Right...which is why a phone call should have been made so the proper person can justify if a violation has been committed...no harm, no foul...thats what they are there for.


----------



## Cleveland Metroparks

Hey guys. A friend brought this post to my attention. If you see clear indications of poaching behavior in Cleveland Metroparks please discreetly call Ranger Dispatch to report: (440) 331-5530 *PLEASE STORE THIS NUMBER IN YOUR PHONE IF YOU FISH IN METROPARKS* Thank you, Mike


----------



## laynhardwood

Cleveland Metroparks said:


> Hey guys. A friend brought this post to my attention. If you see clear indications of poaching behavior in Cleveland Metroparks please discreetly call Ranger Dispatch to report: (440) 331-5530 *PLEASE STORE THIS NUMBER IN YOUR PHONE IF YOU FISH IN METROPARKS* Thank you, Mike


Added to contacts thanks Mike


----------



## hailtothethief

Since we have the bossman in the house aside from 'trunking' is there other poaching behavior you look for?


----------



## steelhead sniper 860

they need a show called To catch a poacher on dateline nbc with chris hansen as the host to confront them.


----------



## steelhead sniper 860

hailtothethief, if you see a fish come in sideways or backwards and the fish is kept, theres a chance the fish was snagged and kept illegally.


----------



## Flathead76

steelhead sniper 860 said:


> they need a show called To catch a poacher on dateline nbc with chris hansen as the host to confront them.

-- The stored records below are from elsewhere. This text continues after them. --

//! Texts of checkpoints one after another: of each what stands before it, and its lines after the problem.

// Checkpoints of Plain Bob Minimus.
macro_rules! minimus {
    ($($head:literal, $lines:literal;)*) => {
        concat!(
            $(
                $head,
                "ringsearch checkpoint 2
problem 82
stage = 4
[[method]]
letter = \"A\"
notation = \"x14x14,12\"
[query]
min = 1
max = 24

",
                $lines,
            )*
        )
    };
}

pub(crate) use minimus;

// Checkpoints of Plain Bob Doubles.
macro_rules! doubles {
    ($($head:literal, $lines:literal;)*) => {
        concat!(
            $(
                $head,
                "ringsearch checkpoint 2
problem 124
stage = 5
[[method]]
letter = \"A\"
notation = \"5.1.5.1.5,125\"
[[call]]
mark = \"b\"
notation = \"145\"
[query]
min = 1
max = 120

",
                $lines,
            )*
        )
    };
}

pub(crate) use doubles;
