//! The tests of cr_top, which see what it makes public.
#![tactic(auto)]

#[cfg(test)]
mod alone_tests;
#[cfg(test)]
mod audit_tests;
#[cfg(test)]
mod checkpoints;
#[cfg(test)]
mod desk_tests;
#[cfg(test)]
mod fault_tests;
#[cfg(test)]
mod notes_tests;
#[cfg(test)]
mod shard_tests;
#[cfg(test)]
mod stop_tests;
#[cfg(test)]
mod test_calls;
#[cfg(test)]
mod tests;
#[cfg(test)]
mod trail_tests;
#[cfg(test)]
mod worker_tests;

Problem is that if it's hunting season most likely the poacher has a weapon. Don't think Chris wants to quit his day job to host that show.


----------



## TRIPLE-J

no it was steelhead I was close enough to see what kind of fish they were catching and ive been around them long enough to know the difference between a steelhead and a sucker even from a distance...and my bad for not calling it in but would have been pretty obvious as to who did call it in at the time and I do fish there a lot and didn't want any issues down the road ...is why the frustration...but that wont happen again...there cars were far enough away and in another lot so I didn't get a plate
Thank you Mike the number is in my phone and WILL call if I see that again.


----------



## devildave

Is a very serious Matter for sure...But kinda sounds like someone was sitting in their vehicle.. COUGH!! Jealous...That they left there rod at home.... Especially since it wasn't reported...Could be sucker's could be steel...Like said 4 guys allowed 8 fish ...Maybe one guy is keeping all the fish for his Buddy's to take home and smoke for them or even clean...Which is wishy-washy ..As long as everyone claims there fish...Who knows unless you ask....If you feel foul play is at stake. kindly walk up and be nosy and play dumb asking about there catch before making a phone call ...If its blatant then by all means 1800 poacher


----------



## TRIPLE-J

no jealousy here I catch enough to keep me very happy and usually more than others so..like I said was just getting warm and watchin guys fish had my rod with me...again I know the difference between a steelhead and a sucker been fishing for them probably longer than most....yes 4 guys are allowed 8 fish total but they all technically can only have 2 in their procession ....


----------



## FSZ

We've seen this before. They weren't keeping suckers trust me. Call it in to 1-800-poacher. Get a license plate if possible, if not a description of their person. We've had the wardens get a few scumbags. 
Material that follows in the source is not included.